Many sites need to know not just who has requested a downloadable file but whether that file was successfully delivered. Fortunately, in many instances, you can use your web measurement application and server logfiles to make this determination.

Measuring downloads can be crucial for many types of web sites, including those belonging to software vendors, content publishers, and computer gaming companies. Accurately measuring downloads from such sites can be challenging. Many common approaches to web analytics do not allow downloads to be measured at all. Page-tagging data collection methods are oriented toward measuring web page views only, not the download of the thousands of other files types that may be distributed through web sites. If tracking downloads is important for your site, then you will need to take this into special consideration when selecting a web analytics product or service. In addition, tracking downloads has become more complicated by the proliferation of "download managers" that are used to speed download times for users.

5.13.1. Multiple Levels of Measurement Can Be Used to Track Downloads

Downloads can be tracked to a lesser or greater degree of granularity and accuracy, depending on how involved you want to get. The first level of granularity includes determining that a visitor requested a download and that the particular download began. The second level of granularity includes determining that a download began and was actually completed, and the third includes determining that a download was completed in multiple parts by a download manager.

5.13.1.1 Mine basic HTTP requests.

The first level of measurement of downloads requires that you use a web analytics product that collects the HTTP request data directly from your web and application servers, either into logfiles or into a database. For example, if a web site is distributing trial versions of multiple software products, then you must meet the following minimum requirements to measure "that a download was started by a visitor to the site."
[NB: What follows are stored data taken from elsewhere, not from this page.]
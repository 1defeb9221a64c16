//! Requests of all kinds, and bad frames: frames in, bytes out, as docs/FORMATS.md gives them.
ghost use Rattle.std.specs.Prelude.{◌≤◌};

use crate::server::{
    Ending, NO_PAIR, PAIR, PUT, READ, SCAN, STATE, WRITTEN, answers, is_joined, link_of, run,
    run_by,
};
use den_codec::{RaftNodeConfig, SoloConfig};
use den_disk::{ListClock, MemDisk};
use den_tests::Pieces;
use std::alloc::Global;
use std::test::Fail;

// What a bad frame is answered, and a write of which no index is left.
const INVALID: &[u8] = b"\0\0\0\0\0\0\0\x05\x01\x0e\0\0\0";

const EXHAUSTED: &[u8] = b"\0\0\0\0\0\0\0\x05\x01\x11\0\0\0";
// A write that failed, and the members of the default configuration: this node alone, which leads.
pub(crate) const NOT_WRITTEN: &[u8] = b"\0\0\0\0\0\0\0\x06\x01\0\0\0\x01\0";

pub(crate) const ITSELF: &[u8] =
    b"\0\0\0\0\0\0\0\x38\x05\0\0\0\0\0\0\0\0\x01\0\0\0\x01\0\0\0\0\0\0\0\x01\0\0\0\x01\0\0\0\0\0\0\0\x0e127.0.0.1:9081\0\0\0\0\0\0\0\x02";
// A body of no bytes, and a tail of three.
const EMPTY_BODY: &[u8] = b"\0\0\0\0\0\0\0\0";

const TAIL: &[u8] = b"\0\0\0";
// A put whose body has 33 bytes, and a write without an operation.
const LONG_PUT: &[u8] =
    b"\0\0\0\0\0\0\0\x21\x01\0\0\0\x01\x01\0\0\0\0\0\0\0\x01a\0\0\0\0\0\0\0\x02bc\0\0\0\0\0\0\0\0";

const NO_OPERATION: &[u8] = b"\0\0\0\0\0\0\0\x06\x01\0\0\0\x01\0";
// Swaps of a: from absent to b, from b to c, and from absent to d.
const SWAP_TO_B: &[u8] =
    b"\0\0\0\0\0\0\0\x19\x01\0\0\0\x01\x03\0\0\0\0\0\0\0\x01a\0\0\0\0\0\0\0\0\x01b";

const SWAP_TO_C: &[u8] =
    b"\0\0\0\0\0\0\0\x22\x01\0\0\0\x01\x03\0\0\0\0\0\0\0\x01a\x01\0\0\0\0\0\0\0\x01b\0\0\0\0\0\0\0\x01c";

const SWAP_TO_D: &[u8] =
    b"\0\0\0\0\0\0\0\x19\x01\0\0\0\x01\x03\0\0\0\0\0\0\0\x01a\0\0\0\0\0\0\0\0\x01d";
// A scan that finds a = c at revision 4.
const SCANNED: &[u8] =
    b"\0\0\0\0\0\0\0\x23\x02\0\0\0\0\0\0\0\x04\0\0\0\0\0\0\0\x01\0\0\0\0\0\0\0\x01a\0\0\0\0\0\0\0\x01c";
// A read of a, z and a, and what it finds where a is b.
const READ_THREE: &[u8] =
    b"\0\0\0\0\0\0\0\x29\x02\0\0\0\x01\0\0\0\0\0\0\0\0\x03\0\0\0\0\0\0\0\x01a\0\0\0\0\0\0\0\x01z\0\0\0\0\0\0\0\x01a";

const PAIR_TWICE: &[u8] =
    b"\0\0\0\0\0\0\0\x31\x01\0\0\0\x02\0\0\0\0\0\0\0\x02\0\0\0\0\0\0\0\x01a\0\0\0\0\0\0\0\x01b\0\0\0\0\0\0\0\x01a\0\0\0\0\0\0\0\x01b";
// A request for the members.
pub(crate) const MEMBERS: &[u8] = b"\0\0\0\0\0\0\0\x05\x05\0\0\0\x01";
// The region of a mark at the last index but one, and at the last.
const LAST_BUT_ONE: &[u8] =
    b"\x01\0\0\0\0\0\0\0\x11\x04\xff\xff\xff\xff\xff\xff\xff\xfe\0\0\0\0\0\0\0\x01";

const LAST: &[u8] = b"\x01\0\0\0\0\0\0\0\x11\x04\xff\xff\xff\xff\xff\xff\xff\xff\0\0\0\0\0\0\0\x01";

// Whether a run over no files is answered so.
fn is_answered(alloc: Global, input: Pieces, sent: Pieces) -> Result<bool, Fail> {
    let mut disk = MemDisk::new(alloc);
    answers(alloc, &mut disk, input, sent)
}

// Bad frames, swaps, a scan, a read of many keys, and the members.
#[test]
fn answers_requests(rt: HostRuntime) -> Result<(), Fail> {
    let cases: [(Pieces, Pieces); 4] = [
        (
            &[EMPTY_BODY, NO_OPERATION, TAIL],
            &[INVALID, INVALID, INVALID],
        ),
        (
            &[SWAP_TO_B, SWAP_TO_C, SWAP_TO_D, SCAN],
            &[WRITTEN, WRITTEN, NOT_WRITTEN, SCANNED],
        ),
        (&[PUT, READ_THREE], &[WRITTEN, PAIR_TWICE]),
        (&[MEMBERS], &[ITSELF]),
    ];
    for (input, sent) in cases {
        assert!(rt; is_answered(rt.alloc(), input, sent)?, "of {input:?}");
    }
    Ok(())
}

// The default configuration, with this limit of a frame's body.
fn limited(alloc: Global, limit: u32) -> Result<SoloConfig, Fail>
    requires { 1 ≤ limit }
{
    let mut config = RaftNodeConfig::standard(alloc)?;
    config.network.max_frame_size = limit;
    Ok(config.solo()?)
}

fn passes_over(alloc: Global, disk: &mut MemDisk) -> Result<bool, Fail> {
    let config = limited(alloc, 32)?;
    let mut link = link_of(alloc, &[PUT, LONG_PUT, READ], &[])?;
    let mut clock = ListClock::steps(1000, 0);
    let ended = run_by(alloc, disk, &mut link, &mut clock, &config);
    Ok(ended == Ending::Well && is_joined(link.sent(), &[WRITTEN, INVALID, PAIR]))
}

// A frame above the limit is read past.
#[test]
fn passes_over_a_long_frame(rt: HostRuntime) -> Result<(), Fail> {
    let mut disk = MemDisk::new(rt.alloc());
    let passed = passes_over(rt.alloc(), &mut disk)?;
    assert!(rt; passed);
    Ok(())
}

// How a run of a put and a read over this file of the map ends, and whether it has sent this.
fn ends_over(
    alloc: Global,
    disk: &mut MemDisk,
    state: &[u8],
    sent: Pieces,
) -> Result<(Ending, bool), Fail> {
    disk.set(STATE, state)?;
    let mut link = link_of(alloc, &[PUT, READ], &[])?;
    let ended = run(alloc, disk, &mut link)?;
    Ok((ended, is_joined(link.sent(), sent)))
}

// The last index is the opening's; behind it no write is taken, and no opening.
#[test]
fn stops_at_the_last_index(rt: HostRuntime) -> Result<(), Fail> {
    let mut disk = MemDisk::new(rt.alloc());
    let (ended, sent) = ends_over(rt.alloc(), &mut disk, LAST_BUT_ONE, &[EXHAUSTED, NO_PAIR])?;
    assert!(rt; ended == Ending::Well && sent);
    let mut disk = MemDisk::new(rt.alloc());
    let (ended, sent) = ends_over(rt.alloc(), &mut disk, LAST, &[])?;
    assert!(rt; ended == Ending::ProposeFailed && sent);
    Ok(())
}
  • You must have a web analytics product that allows you to define downloads as a metric separate from your page views metrics. Many web analytics products do not have a construct for downloads; they require that you look at a download as if it were a page view. Though you will be able to see how many downloads were started, your page view counts will be skewed.

  • Make sure your web analytics product is set up to extract requests for the types of files that you publish for download. Different web analytics products require that this be done in different ways, but almost all of them require that you do this proactively. For instance, define .zip, .pdf, .exe, and other file types as "downloads." You may also need to configure your web analytics product so that it does not filter out requests made for these files types. Some products will filter out these requests by default.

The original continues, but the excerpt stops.